Ultracold molecules can be used for a wide range of applications, including quantum chemistry,
tests of fundamental physics, and quantum simulation. These goals hinge on the ability to
produce a gas of polar molecules at high phase-space density. Sympathetic cooling offers a
promising route to bring laser-cooled molecules into this regime.
In this thesis, we make progress towards sympathetic cooling of CaF molecules with ultracold
Rb atoms. Both species are loaded into a magnetic trap and we study collisions between them.
Rotationally-excited molecules are found to collide inelastically with the atoms with a rate
coefficient close to the universal limit. In the rotational ground state, no inelastic collisions are
observed but an upper bound is placed on the inter-species inelastic loss rate coefficient.

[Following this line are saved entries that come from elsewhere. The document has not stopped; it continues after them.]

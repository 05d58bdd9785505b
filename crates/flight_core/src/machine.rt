//! A group of flights as a machine that callers share.
use crate::event::{FlightEvent, FlightReply};
use crate::flight::FlightCore;
use sync_model::{Callers, Machine, Worded};

/// A landing synchronizes before the return of each call that takes its value in, and before each later flight. Go's documentation
/// names no edges of a group: these are those of its lock and wait groups.
impl Machine for FlightCore {
    ghost use Rattle.std.specs.Prelude.{true};
    ghost use Rattle.flight_core.specs.FlightMachine.{next};
    ghost use Rattle.flight_core.specs.FlightEdges.{flight_releases, flight_acquires};

    type State = FlightCore;

    type Event = FlightEvent;

    type Reply = FlightReply;

    const HALTS: bool = true;

    ghost HALTS = { true };

    ghost next = { next };

    ghost frees = { flight_releases };

    ghost takes = { flight_acquires };

    #[inline(always)]
    fn step(state: &mut FlightCore, caller: u32, event: FlightEvent) -> FlightReply {
        state.step(caller, event)
    }

    fn releases(_event: &FlightEvent, reply: &FlightReply) -> bool {
        matches!(reply, FlightReply::Landed(_))
    }

    fn acquires(_event: &FlightEvent, reply: &FlightReply) -> bool {
        matches!(reply, FlightReply::Lead | FlightReply::Left(_))
    }

    /// A landing lets those go on who joined the flight.
    fn wakes(state: &FlightCore, _event: &FlightEvent, reply: &FlightReply) -> Callers {
        match reply {
            FlightReply::Landed(_) => state.released(),
            _ => Callers::nobody(),
        }
    }
}

// Its objects' word tells nothing.
impl Worded for FlightCore {
    const TELLS: bool = false;

    #[inline(always)]
    fn word(_state: &FlightCore) -> u64 {
        0
    }

    #[inline(always)]
    fn refresh(_kept: &mut FlightCore, _word: u64) {}

    #[inline(always)]
    fn quick(
        kept: &mut FlightCore,
        _word: u64,
        caller: u32,
        event: FlightEvent,
    ) -> Option<(u64, FlightReply)> {
        Some((0, Self::step(kept, caller, event)))
    }
}
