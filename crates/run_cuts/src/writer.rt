//! Where a writer is in its lock of a reader/writer mutex.

/// Where a writer is in its `lock`, by what its caller's list has of it.
#[derive(Clone, Copy, Debug, Drop)]
pub enum WriterStage {
    /// It arrives.
    Arriving,
    /// It waits, and its arrival didn't tell whether at the mutex that writers go through or behind readers.
    Queued,
    /// It waits at that mutex.
    Inner,
    /// It waits behind readers.
    AfterReaders,
}
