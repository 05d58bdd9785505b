//! That the functions cut lists as the record of a run spells them. Each law is the contract of a function that does nothing.
ghost use Rattle.std.specs.Prelude.{◌≡◌, ℕ, ℤ, Bool, true, false, List, [], Some, None, get_or};
ghost use Rattle.script_calls.specs.declared.call.Call.{Call};
ghost use Rattle.script_calls.specs.declared.call.Reply.{Reply};
ghost use Rattle.script_calls.specs.Runs.{RunsAlong};
ghost use Rattle.workload.specs.Dialect.{has_variables};
ghost use Rattle.workload.specs.Plan.{Plan, is_valid};
ghost use Rattle.run_record.specs.AtomicKind.{adds, atomic_call};
ghost use Rattle.run_record.specs.Calls.{SpellsCall};
ghost use Rattle.run_record.specs.CondKind.{cond_call};
ghost use Rattle.run_record.specs.Lines.{IsLineOf, Line, calls_made, items_of};
ghost use Rattle.run_record.specs.FlightKind.{fly_call};
ghost use Rattle.run_record.specs.MapKind.{map_call};
ghost use Rattle.run_record.specs.MutexKind.{mutex_call};
ghost use Rattle.run_record.specs.OnceKind.{do_call, func_call, value_call};
ghost use Rattle.run_record.specs.PoolKind.{pool_call};
ghost use Rattle.run_record.specs.RwMutexKind.{rw_mutex_call};
ghost use Rattle.run_record.specs.SemaKind.{sema_call};
ghost use Rattle.run_record.specs.StartsKind.{opening, closing, go_call, wait_start_part, end_part};
ghost use Rattle.run_record.specs.Tests.{if_equal_call, wait_for_call};
ghost use Rattle.run_record.specs.WaitGroupKind.{wait_group_call};
ghost use Rattle.run_record.specs.declared.made.Made.{Made};
ghost use Rattle.run_record.specs.declared.made.Made.TheVariants.{Shared, Entered};
ghost use Rattle.run_record.specs.Record.{ObjectEntry};
ghost use Rattle.sync_model.specs.declared.item.Item.{Item};
ghost use Rattle.run_cuts.specs.Blind.{AreAlike, Blind, HasLineLike, bare};
ghost use Rattle.run_cuts.specs.CallCuts.{call_cut, is_told};
ghost use Rattle.run_cuts.specs.CallsAlong.{calls_along};
ghost use Rattle.run_cuts.specs.CondCuts.{cond_cut};
ghost use Rattle.run_cuts.specs.Cuts.{Cuts, Cutter};
ghost use Rattle.run_cuts.specs.FlightCuts.{fly_cut};
ghost use Rattle.run_cuts.specs.GroupCuts.{group_cut};
ghost use Rattle.run_cuts.specs.LineCuts.{line_cut};
ghost use Rattle.run_cuts.specs.MutexCuts.{mutex_cut};
ghost use Rattle.run_cuts.specs.OnceCuts.{do_cut, func_cut, value_cut};
ghost use Rattle.run_cuts.specs.OneLine.{CutsCalls, CutsLines, settles_by};
ghost use Rattle.run_cuts.specs.PoolCuts.{pool_cut};
ghost use Rattle.run_cuts.specs.RangeCuts.{CutsRange};
ghost use Rattle.run_cuts.specs.RwMutexCuts.{rw_mutex_cut};
ghost use Rattle.run_cuts.specs.SemaCuts.{sema_cut};
ghost use Rattle.run_cuts.specs.SharedCuts.{adds_cut, atomic_cut, if_equal_cut, map_cut};
ghost use Rattle.run_cuts.specs.StartsCuts.{opening_cut, closing_cut, go_cut, wait_start_cut, end_cut};
ghost use Rattle.run_cuts.specs.WaitForCuts.{wait_for_cut};

use sync_types::{
    AtomicCall, CondCall, MapCall, MutexCall, Number, PoolCall, RwMutexCall, SemaCall,
    WaitGroupCall,
};

/// The calls of each kind but a `range` are cut from a list by a function just as they are spelt. What is found spells the call. What
/// spells it is found, whatever stands behind it. A list that ends within it goes on to one that spells it. One that begins with no such
/// call still does so, however it goes on. Of a writer's `lock` the answers `Still` are found with it, wherever they may stand. So are cut, too, what
/// a worker makes on Starts before its script, where it waits to be started, and behind it.
pub fn calls_are_cut_as_they_are_spelt()
    ensures mutex { (object : ℕ) (call : MutexCall) → Cuts (mutex_call object call) (mutex_cut object call) }
    ensures rw_mutex { (object : ℕ) (call : RwMutexCall) → Cuts (rw_mutex_call object call) (rw_mutex_cut object call) }
    ensures cond { (object mutex : ℕ) (call : CondCall) → Cuts (cond_call object mutex call) (cond_cut object mutex call) }
    ensures map { (keys : List (List ℕ)) (m : ℕ) (call : MapCall (List ℕ)) → Cuts (map_call keys m call) (map_cut keys m call) }
    ensures atomic { (a : ℕ) (call : AtomicCall) → Cuts (atomic_call a call) (atomic_cut a call) }
    ensures ifeq { (a : ℕ) (value : Number) → Cuts (if_equal_call a value) (if_equal_cut a value) }
    ensures waitfor { (cond mutex a : ℕ) (value : Number) (tries : ℕ) → Cuts (wait_for_call cond mutex a value tries) (wait_for_cut cond mutex a value tries) }
    ensures adds { (a : ℕ) (amount : ℤ) → Cuts (adds a amount) (adds_cut a amount) }
    ensures once { (object a : ℕ) (amount : ℤ) → Cuts (do_call object a amount) (do_cut object a amount) }
    ensures once_func { (object code : ℕ) → Cuts (func_call object code) (func_cut object code) }
    ensures once_value { (object value : ℕ) → Cuts (value_call object value) (value_cut object value) }
    ensures pool { (workers worker first : ℕ) (call : PoolCall) → Cuts (pool_call workers worker first call) (pool_cut workers worker first call) }
    ensures wait_group { (object : ℕ) (call : WaitGroupCall) → Cuts (wait_group_call object call) (group_cut object call) }
    ensures sema { (object : ℕ) (call : SemaCall) → Cuts (sema_call object call) (sema_cut object call) }
    ensures flight { (object a : ℕ) (amount : ℤ) (key : ℕ) → Cuts (fly_call object a amount key) (fly_cut object a amount key) }
    ensures go { (group starts worker : ℕ) → Cuts (go_call group starts worker) (go_cut group starts worker) }
    ensures starts { (object : ℕ) → Cuts (wait_start_part object) (wait_start_cut object) × Cuts (end_part object) (end_cut object) }
{}

/// The items of a `range`, with the pairs that it showed, are cut from a list by a function just as they are spelt. It may reply these
/// pairs in each order that sorts them by the names of their keys, and in no other.
pub fn the_items_of_a_range_are_cut()
    ensures { (keys : List (List ℕ)) (m begin : ℕ) → CutsRange keys m begin }
{}

/// A call of a workload is cut from a list by a function just as it is spelt, but for a `range`. Its items don't fix its reply: the
/// pairs are sorted by the names of their keys, and two pairs whose keys have one name may stand in either order. So it is where a key is
/// shown twice, and where numbers are shown that are no key's, which have one name, the empty one. That neither happens follows from
/// the whole record, and not from one list. So of a `range` the function tells the pairs in the order in which they were shown, and it may
/// reply each order that sorts them.
pub fn a_call_is_cut_as_it_is_spelt()
    ensures told { (plan : Plan) (worker before : ℕ) (call : Call) → is_told call.operation ≡ true → Cuts (SpellsCall plan worker before call) (call_cut plan worker before call) }
    ensures each { (plan : Plan) (worker : ℕ) → CutsCalls plan worker (settles_by plan) (call_cut plan worker) }
{}

/// Where each call of a script, and what stands before and behind the script, is cut as it is spelt, a list and the script are cut into
/// one line: what stands before the script, the calls that returned, along a run of the script, and what stands behind them. What they
/// are cut into, with the replies of each `range` sorted, is a line of them, and a line of them that has ended is what they are cut into. So it is of
/// the list of each worker, whether it waits to be started or not. A worker that hasn't ended may have made
/// all the items of its last call, and not have returned from it. Its list is the same as if it had, so the list doesn't tell, and the
/// function takes the call as done.
pub fn a_list_is_cut_into_one_line()
    ensures by { (plan : Plan) (worker : ℕ) (opens : Cutter Bool) (closes : Cutter (Unit {0})) (cut : ℕ → Call → Cutter (Reply ℕ))
        → Cuts (opening plan worker) opens → Cuts (closing plan worker) closes → CutsCalls plan worker (settles_by plan) cut → CutsLines plan worker opens closes (settles_by plan) cut }
    ensures lines { (plan : Plan) (worker : ℕ) → CutsLines plan worker (opening_cut plan worker) (closing_cut plan worker) (settles_by plan) (call_cut plan worker) }
{}

/// A spelling looks at the call and the reply of each item on a map or an atomic, and at the object and the deed of each entry, and at
/// nothing else of them. So items that are alike in these spell the same calls with the same replies, whatever places, marks, fronts,
/// callers and numbers they have, and the list of such items is a line like the other's.
pub fn a_spelling_is_blind()
    ensures shared { (x y : Item) → x.call ≡ y.call → x.reply ≡ y.reply → bare (Shared x) ≡ bare (Shared y) }
    ensures entered { (object : ℕ) (entry other : ObjectEntry) → entry.deed ≡ other.deed → bare (Entered object entry) ≡ bare (Entered object other) }
    ensures calls { (plan : Plan) (worker before : ℕ) (call : Call) → Blind (SpellsCall plan worker before call) }
    ensures before { (plan : Plan) (worker : ℕ) → Blind (opening plan worker) }
    ensures behind { (plan : Plan) (worker : ℕ) → Blind (closing plan worker) }
    ensures lines { (plan : Plan) (worker : ℕ) (line : Line) (items : List Made) → AreAlike (items_of line) items → IsLineOf plan worker line → HasLineLike plan worker line items }
{}

/// However a list is read as a line, whether that has ended or not, its items are of the same calls of the script: of those of which they
/// are in the line that the list is cut into. Where the workload is valid and has no plain variable, whose calls make no item, the list of
/// each line is cut into one.
pub fn a_list_tells_of_which_call_each_item_is()
    ensures same { (plan : Plan) (worker : ℕ) (script : List Call) (line told : Line) → RunsAlong script (calls_made line) line.rest → IsLineOf plan worker line
        → line_cut (opening_cut plan worker) (closing_cut plan worker) (call_cut plan worker) 0 script (items_of line) ≡ Some told → calls_along told ≡ calls_along line }
    ensures some { (plan : Plan) (worker : ℕ) (line : Line) → is_valid plan ≡ true → has_variables plan ≡ false → RunsAlong (get_or plan.scripts worker []) (calls_made line) line.rest → IsLineOf plan worker line
        → line_cut (opening_cut plan worker) (closing_cut plan worker) (call_cut plan worker) 0 (get_or plan.scripts worker []) (items_of line) ≡ None → ⊥ }
{}
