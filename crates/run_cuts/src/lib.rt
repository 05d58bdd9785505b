//! How a worker's list is cut into calls, told by functions. Nothing of it runs.
#![tactic(auto)]

pub mod laws;
pub mod writer;

pub use writer::WriterStage;
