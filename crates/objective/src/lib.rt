// The objective at a point: the litters' shares, each under what is left of the limit, summed in their order.
#![tactic(auto)]

pub mod check;
pub mod sum;
pub mod totals;

pub use sum::{
    Named, Objective, Refused, limited_objective, named_objective, probit_normal_binomial_objective,
};
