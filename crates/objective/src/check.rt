// What a point has to satisfy.
ghost use Rattle.std.specs.Prelude.{◌≡◌};
ghost use Rattle.objective.specs.Point.{valid_mean_of, valid_variance_of, valid_point_of};

#[tactic(auto, unfolding(crate::specs::Point::valid_mean_of))]
fn valid_mean(x: f64) -> bool
    ensures { result ≡ valid_mean_of x }
{
    if !num::is_finite(x) {
        return false;
    }
    num::abs(x) <= 8.0
}

#[tactic(auto, unfolding(crate::specs::Point::valid_variance_of))]
fn valid_variance(x: f64) -> bool
    ensures { result ≡ valid_variance_of x }
{
    if !num::is_finite(x) {
        return false;
    }
    num::both(0.0 <= x, x <= 9.0)
}

#[tactic(auto, unfolding(crate::specs::Point::valid_point_of))]
pub fn valid_point(x: [f64; 4]) -> bool
    ensures { result ≡ valid_point_of x }
{
    let v = num::both(valid_variance(x[2]), valid_variance(x[3]));
    num::both(valid_mean(x[0]), num::both(valid_mean(x[1]), v))
}
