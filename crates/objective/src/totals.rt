// The sums of the litters' shares: gradient by coordinate, Hessian by rows of the four coordinates.
ghost use Rattle.std.specs.Prelude.{◌≡◌, ◌<◌};
ghost use Rattle.objective.specs.Totals.{index_of, with_share, finite_totals};

use row::Share;
use value::Totals;

pub fn index(group: u32) -> usize
    ensures place { result ≡ index_of group }
    ensures in_range { result < 2 }
{
    if group < 1 { 0 } else { 1 }
}

pub fn accumulated(t: Totals, i: usize, s: Share) -> Totals
    requires { i < 2 }
    ensures { result ≡ with_share t i s }
{
    let mut o = t;
    let j = i + 2;
    let a = 5 * i;
    let b = a + 2;
    let c = a + 8;
    let d = a + 10;
    o.nll = o.nll + s.nll;
    o.gradient[i] = o.gradient[i] + s.gradient[0];
    o.gradient[j] = o.gradient[j] + s.gradient[1];
    o.hessian[a] = o.hessian[a] + s.hessian[0];
    o.hessian[b] = o.hessian[b] + s.hessian[1];
    o.hessian[c] = o.hessian[c] + s.hessian[2];
    o.hessian[d] = o.hessian[d] + s.hessian[3];
    o.refinement = num::max(o.refinement, s.refinement);
    o
}

#[tactic(auto, unfolding(crate::specs::Totals::finite_totals))]
pub fn finite(t: Totals) -> bool
    ensures { result ≡ finite_totals t }
{
    let gradient = t.gradient;
    let hessian = t.hessian;
    let nll = num::is_finite(t.nll);
    let slopes = finite::all_finite(&gradient);
    let curvatures = finite::all_finite(&hessian);
    num::both(nll, num::both(slopes, curvatures))
}
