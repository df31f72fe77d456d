// Runs the lent forms on a few inputs, one line a case: its name, the ending's number, the reason, the evaluations; for a summary, its eight counts.
// Of a slice a fit shows its means, SDs and likelihood too, an objective its likelihood, by their bits, and a summary the ending's number first.
#![tactic(auto)]

ghost use Rattle.std.specs.Prelude.{◌≤◌};

use fit::{Bounds, Fit, Request};
use objective::Objective;
use posterior::integrand::Posterior;
use records::Litter;
use summary::{Counts, GroupCounts};
use work::{FitEvaluations, Iterations, Meter, QuadratureEvaluations, Refusal};

// The refusal's number and reason, 0 and 0 where there is none, and the evaluations.
fn told(name: &[u8], refusal: Option<Refusal>, used: u64) {
    let (number, reason) = match refusal {
        Some(e) => (e.number(), e.reason()),
        None => (0, 0),
    };
    io::write_all(1, name);
    io::write_all(1, b" ");
    io::print_decimal(1, number);
    io::write_all(1, b" ");
    io::print_decimal(1, reason);
    io::write_all(1, b" ");
    io::print_decimal(1, used);
}

fn ended(name: &[u8], refusal: Option<Refusal>, used: u64) {
    told(name, refusal, used);
    io::write_all(1, b"\n");
}

fn shown(x: f64) {
    io::write_all(1, b" ");
    io::print_hex(1, print::bits(x), 16);
}

fn counted(c: GroupCounts) {
    io::write_all(1, b" ");
    io::print_decimal(1, c.litters);
    io::write_all(1, b" ");
    io::print_decimal(1, c.successes);
    io::write_all(1, b" ");
    io::print_decimal(1, c.trials);
    io::write_all(1, b" ");
    io::print_decimal(1, c.extreme);
}

fn number(summary: Result<Counts, Refusal>) -> u64 {
    match summary {
        Ok(_) => 0,
        Err(refusal) => refusal.number(),
    }
}

fn bounds(low: f64, high: f64, start: f64) -> Bounds {
    Bounds {
        low: [low, low],
        high: [high, high],
        start: [start, start],
    }
}

fn fitted(name: &[u8], limit: u64, litters: [Litter; 4]) {
    let r = Request {
        mean: bounds(-1.0, 1.0, 0.0),
        sd: bounds(0.0, 1.0, 0.0),
        evaluations: FitEvaluations(10),
        iterations: Iterations(10),
        quadrature: QuadratureEvaluations(limit),
        tolerance: 0.00000095367431640625,
    };
    match records::fit_probit_normal_binomial(r, &litters) {
        Ok(f) => ended(name, None, f.quadrature.0),
        Err(e) => ended(name, Some(e.refusal), e.quadrature.0),
    }
}

fn evaluated(name: &[u8], litters: [Litter; 4]) {
    match records::probit_normal_binomial_objective([0.0; 4], &litters) {
        Ok(o) => ended(name, None, o.used.0),
        Err(e) => ended(name, Some(e.refusal), e.used.0),
    }
}

// Zeros beside a refusal.
fn totals(name: &[u8], summary: Result<Counts, Refusal>) {
    let Counts { first, second } = summary.unwrap_or_default();
    io::write_all(1, name);
    counted(first);
    counted(second);
    io::write_all(1, b"\n");
}

fn summarized(name: &[u8], litters: [Litter; 4]) {
    totals(name, records::summarize(&litters));
}

fn litter(successes: u32, total: u32, group: u32) -> Litter {
    Litter {
        successes,
        total,
        group,
    }
}

// Of the first four two are in each group; the 128th is like no other.
fn litters() -> [Litter; 129] {
    let mut r = [litter(1, 9, 0); 129];
    r[0] = litter(1, 4, 1);
    r[1] = litter(4, 5, 1);
    r[2] = litter(0, 6, 0);
    r[62] = litter(7, 8, 0);
    r[63] = litter(5, 6, 0);
    r[64] = litter(0, 12, 1);
    r[65] = litter(9, 12, 1);
    r[126] = litter(3, 3, 1);
    r[127] = litter(11, 13, 0);
    r
}

#[derive(Clone, Copy)]
struct Answers {
    fit: Result<Fit, fit::Refused>,
    objective: Result<Objective, objective::Refused>,
    summary: Result<Counts, Refusal>,
}

// The first n of the litters, as a slice that is lent to all three.
fn lent_first(r: Request, point: [f64; 4], litters: [Litter; 129], n: usize) -> Answers
    requires { n ≤ 129 }
{
    let first = &litters[..n];
    Answers {
        fit: records::fit_probit_normal_binomial(r, first),
        objective: records::probit_normal_binomial_objective(point, first),
        summary: records::summarize(first),
    }
}

// Zeros beside a refusal.
fn shown_fit(name: &[u8], fit: Result<Fit, fit::Refused>) {
    let numbers = match fit {
        Ok(f) => {
            told(name, None, f.quadrature.0);
            [f.means[0], f.means[1], f.sds[0], f.sds[1], f.nll]
        }
        Err(e) => {
            told(name, Some(e.refusal), e.quadrature.0);
            [0.0; 5]
        }
    };
    for x in numbers {
        shown(x);
    }
    io::write_all(1, b"\n");
}

fn shown_objective(name: &[u8], objective: Result<Objective, objective::Refused>) {
    match objective {
        Ok(o) => {
            told(name, None, o.used.0);
            shown(o.v.nll);
        }
        Err(e) => {
            told(name, Some(e.refusal), e.used.0);
            shown(0.0);
        }
    }
    io::write_all(1, b"\n");
}

fn sliced(fit: &[u8], objective: &[u8], summary: &[u8], n: usize)
    requires { n ≤ 129 }
{
    let r = Request {
        mean: bounds(-3.0, 3.0, 0.0),
        sd: bounds(0.0, 3.0, 0.5),
        evaluations: FitEvaluations(100),
        iterations: Iterations(100),
        quadrature: QuadratureEvaluations(20000000),
        tolerance: 0.00000095367431640625,
    };
    let a = lent_first(r, [0.25, -0.5, 0.25, 0.5625], litters(), n);
    shown_fit(fit, a.fit);
    shown_objective(objective, a.objective);
    io::write_all(1, summary);
    io::write_all(1, b" ");
    io::print_decimal(1, number(a.summary));
    totals(b"", a.summary);
}

fn lent(name: &[u8], used: u64) {
    let p = Posterior {
        litter: 0,
        successes: 1,
        total: 2,
        mean: 0.0,
        sd: 1.0,
    };
    let mut m = Meter {
        used: QuadratureEvaluations(used),
        limit: QuadratureEvaluations(2),
    };
    let refusal = p.evaluate(0.0, &mut m).err();
    ended(name, refusal, m.used.0);
}

fn main() {
    let a = Litter {
        successes: 1,
        total: 2,
        group: 0,
    };
    let b = Litter {
        successes: 1,
        total: 2,
        group: 1,
    };
    let none = Litter {
        successes: 0,
        total: 5,
        group: 0,
    };
    let many = Litter {
        successes: 6,
        total: 5,
        group: 1,
    };
    fitted(b"example A", 4, [a, a, b, b]);
    fitted(b"example A, limit 3", 3, [a, a, b, b]);
    fitted(b"one litter in a group", 4, [a, a, none, b]);
    evaluated(b"objective", [a, a, b, b]);
    evaluated(b"more affected than pups", [a, a, b, many]);
    summarized(b"summary", [a, none, b, b]);
    summarized(b"more affected than pups", [a, none, b, many]);
    sliced(
        b"fit of a slice of 4",
        b"objective of 4",
        b"summary of 4",
        4,
    );
    sliced(
        b"fit of a slice of 128",
        b"objective of 128",
        b"summary of 128",
        128,
    );
    sliced(
        b"fit of a slice of 129",
        b"objective of 129",
        b"summary of 129",
        129,
    );
    lent(b"lent, one left", 1);
    lent(b"lent, none left", 2);
}
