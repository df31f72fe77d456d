// The objective at a point: the litters' shares, each under what is left of the limit, summed in their order.
ghost use Rattle.std.specs.Prelude.{◌≡◌, ◌+◌, ◌*◌, ◌<◌, length};
ghost use Rattle.work.specs.Answer.{Did};
ghost use Rattle.posterior.specs.Integrand.{at};
ghost use Rattle.objective.specs.Objective.{ended_of, share_at, limited_objective_of, objective_of};
ghost use Rattle.objective.specs.Named.{invalid_of, at_litter as placed, summed_of, named_objective_of};

use legendre::Pair;
use row::Share;
use value::Totals;
use work::{Meter, QuadratureEvaluations, Refusal};

// The evaluations made, and the value: its coordinates are two means, then two variances.
#[derive(Clone, Copy)]
pub struct Objective {
    pub used: QuadratureEvaluations,
    pub v: Totals,
}

// Why there is no value, and the evaluations made.
#[derive(Clone, Copy)]
pub struct Refused {
    pub refusal: Refusal,
    pub used: QuadratureEvaluations,
}

// A refusal, and the litter at which it came, counted from 1, where it came at one.
#[derive(Clone, Copy)]
pub struct Named {
    pub refused: Refused,
    pub litter: Option<u64>,
}

// What the sum of all litters comes to.
#[tactic(auto, unfolding(crate::specs::Objective::ended_of))]
pub fn ended(used: u64, t: Totals) -> Result<Objective, Refused>
    ensures { result ≡ ended_of used t }
{
    let used = QuadratureEvaluations(used);
    if crate::totals::finite(t) {
        return Ok(Objective { used, v: t });
    }
    let refusal = Refusal::Domain(6);
    Err(Refused { refusal, used })
}

// An input that a check refuses.
fn invalid() -> Named
    ensures { result ≡ invalid_of }
{
    Named {
        refused: Refused {
            refusal: Refusal::InvalidInput,
            used: QuadratureEvaluations(0),
        },
        litter: None,
    }
}

// A refusal by the litter at which it came, where it came at one.
#[tactic(auto, unfolding(crate::specs::Named::at_litter))]
fn at_litter(litter: Option<u64>, o: Result<Objective, Refused>) -> Result<Objective, Named>
    ensures { result ≡ placed litter o }
{
    match o {
        Ok(o) => Ok(o),
        Err(refused) => Err(Named { refused, litter }),
    }
}

fn litter(
    i: usize,
    rule: &[Pair; 16],
    x: [f64; 4],
    litters: &[u32],
    meter: &mut Meter,
) -> Result<Share, Refusal>
    requires { 3 * i + 2 < length litters.now }
    ensures { Did at (share_at rule.now x litters.now i) meter.old result meter.new }
{
    let k = 3 * i;
    let successes = litters[k];
    let total = litters[k + 1];
    let g = crate::totals::index(litters[k + 2]);
    row::row_objective(i as u64, successes, total, rule, x[g], x[g + 2], meter)
}

fn summed(
    rule: [Pair; 16],
    x: [f64; 4],
    litters: &[u32],
    limit: QuadratureEvaluations,
) -> Result<Objective, Named>
    ensures { result ≡ summed_of rule x litters.now limit }
{
    // By index: a litter is three of the numbers, and its place is its name.
    let n = litters.len() / 3;
    let mut meter = Meter::of(limit);
    let mut t = value::nothing();
    for i in 0..n {
        let number = i as u64 + 1;
        match litter(i, &rule, x, litters, &mut meter) {
            Err(refusal) => {
                let used = meter.used;
                let refused = Refused { refusal, used };
                let litter = Some(number);
                return at_litter(litter, Err(refused));
            }
            Ok(s) => {
                let g = crate::totals::index(litters[3 * i + 2]);
                let sum = crate::totals::accumulated(t, g, s);
                t = sum;
            }
        }
    }
    at_litter(None, ended(meter.used.0, t))
}

// The rule is computed once and passed on: the source computes it at each call, to the same bits.
pub fn named_objective(
    rule: [Pair; 16],
    x: [f64; 4],
    litters: &[u32],
    limit: QuadratureEvaluations,
) -> Result<Objective, Named>
    ensures { result ≡ named_objective_of rule x litters.now limit }
{
    if !crate::check::valid_point(x) {
        return Err(invalid());
    }
    if !litters::valid::valid_litters(litters) {
        return Err(invalid());
    }
    summed(rule, x, litters, limit)
}

pub fn limited_objective(
    rule: [Pair; 16],
    x: [f64; 4],
    litters: &[u32],
    limit: QuadratureEvaluations,
) -> Result<Objective, Refused>
    ensures { result ≡ limited_objective_of rule x litters.now limit }
{
    match named_objective(rule, x, litters, limit) {
        Ok(o) => Ok(o),
        Err(n) => Err(n.refused),
    }
}

#[tactic(auto, unfolding(crate::specs::Objective::objective_of))]
pub fn probit_normal_binomial_objective(x: [f64; 4], litters: &[u32]) -> Result<Objective, Refused>
    ensures { result ≡ objective_of x litters.now }
{
    let rule = legendre::legendre();
    limited_objective(rule, x, litters, QuadratureEvaluations(8388608))
}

An
attempt was made to observe thermalization between the two species is observed, which places
an upper limit on the elastic cross section.
Transverse cooling of the molecular beam used for loading the MOT is implemented, increasing
the number of molecules captured by a factor of 3.5. Benefiting from this, both species are
loaded into a 1D optical lattice - demonstrating the first mixture of atoms and laser-cooled
molecules in an optical trap. We observe rapid loss of molecules when cotrapped with the
atoms, even for molecules in the rotational ground state. This is attributed to elastic collisions
with the atoms, which have a temperature close to the trap depth for molecules. To circumvent
this, it is necessary to cool the atoms further in a deep optical trap. Cooling of Rb atoms in a
lattice and an optical dipole trap (ODT) is demonstrated using a Λ-enhanced gray molasses and
we succeed in cooling the atoms down to 18 μK in an ODT of depth 1mK. At this temperature,
sympathetic cooling of the molecules in the ODT should be observable.